With no end in sight to bargain-basement fuel, sales of electric and hybrid vehicles have stalled.

With no end in sight to bargain-basement fuel, sales of electric and hybrid vehicles have stalled.

A Toyota Prius Plug-In Hybrid goes on display at the North American International Auto Show Detroit.

Sales of electric and hybrid cars like the Toyota Prius, Nissan Leaf and Chevy Volt are sliding in the face of sustained and record-low oil prices, a senior Energy Department official and General Motors executive acknowledged Tuesday, undercutting automakers' costly efforts to introduce vehicles that, less than two years ago, were expected to be heavily in demand amid expensive gasoline and increased concern about global warming.

While oil prices flashing across traders’ terminals are at the lowest in a decade, in real terms the collapse is even deeper.

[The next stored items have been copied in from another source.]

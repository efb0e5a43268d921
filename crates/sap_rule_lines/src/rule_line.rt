//! Lines of rules, as a conversion makes them.
ghost use Rattle.std.specs.Prelude.{◌≡◌, ◌+◌, [], ◌∷◌, ◌++◌, IfOk, OnOk};
ghost use Rattle.sap_rule_lines.specs.RuleLines.{uses};

use sap_place::with_digits;
use sap_runs::{RStep, RSteps};
use sap_terms::{Bindings, Mem, Numbers, Path};
use std::alloc::Global;

/// The number so much later; beyond the greatest u64 it is want of memory.
pub fn later(number: u64, by: u64) -> Result<u64, Mem>
    ensures { IfOk result (λ n. n ≡ number + by) }
{
    number.checked_add(by).ok_or(Mem)
}

/// Puts the rule of this word last, at the place with this path, on these facts.
pub fn push_rule(
    alloc: Global,
    word: &[u8],
    path: &Path,
    facts: Numbers,
    bindings: Bindings,
    lines: &mut RSteps,
) -> Result<(), Mem>
    ensures { OnOk result (lines.new ≡ lines.old ++ uses word.now path.now facts bindings ∷ []) }
{
    let name = with_digits(alloc, word, path)?;
    lines.push(RStep::Rule(name, facts, bindings))
}

/// That rule on one fact.
pub fn push_rule_on_one(
    alloc: Global,
    word: &[u8],
    path: &Path,
    fact: u64,
    lines: &mut RSteps,
) -> Result<(), Mem>
    ensures { OnOk result (lines.new ≡ lines.old ++ uses word.now path.now (fact ∷ []) [] ∷ []) }
{
    let mut facts = Numbers::new(alloc);
    facts.push(fact)?;
    push_rule(alloc, word, path, facts, Bindings::new(alloc), lines)
}

/// That rule on two facts.
pub fn push_rule_on_two(
    alloc: Global,
    word: &[u8],
    path: &Path,
    first: u64,
    second: u64,
    lines: &mut RSteps,
) -> Result<(), Mem>
    ensures { OnOk result (lines.new
        ≡ lines.old ++ uses word.now path.now (first ∷ second ∷ []) [] ∷ []) }
{
    let mut facts = Numbers::new(alloc);
    facts.push(first)?;
    facts.push(second)?;
    push_rule(alloc, word, path, facts, Bindings::new(alloc), lines)
}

West Texas Intermediate futures, the U.S. benchmark, sank below $30 a barrel on Tuesday for the first time since 2003. Actual barrels of Saudi Arabian crude shipped to Asia are even cheaper, at $26 -- the lowest since early 2002. 

With the average price at the pump now flirting with $2 a gallon, sales of electric and hybrid vehicles have stalled. After a peak of more than 592,000 vehicles sold in 2013 – making up nearly 4 percent of the total market – the number fell slightly to about 570,500 last year and could drop below 500,000 this year,  according to the Electric Drive Transportation Association.

There are other factors. Fast-charging stations, for example – needed not merely to rapidly fuel vehicles, but reassure potential buyers their cars won't run out of juice mid-drive – are expensive to build and costly to maintain, and simply making drivers pay for the electricity they use isn't enough to recoup the cost.

Yet without utilities on board, sales could stay stagnant.

"The plug-in electric vehicle market is not going to escape niche where we are today unless 3,200 utilities step up and take some actions," said Britta Gross, director of General Motors advanced vehicle commercialization policy.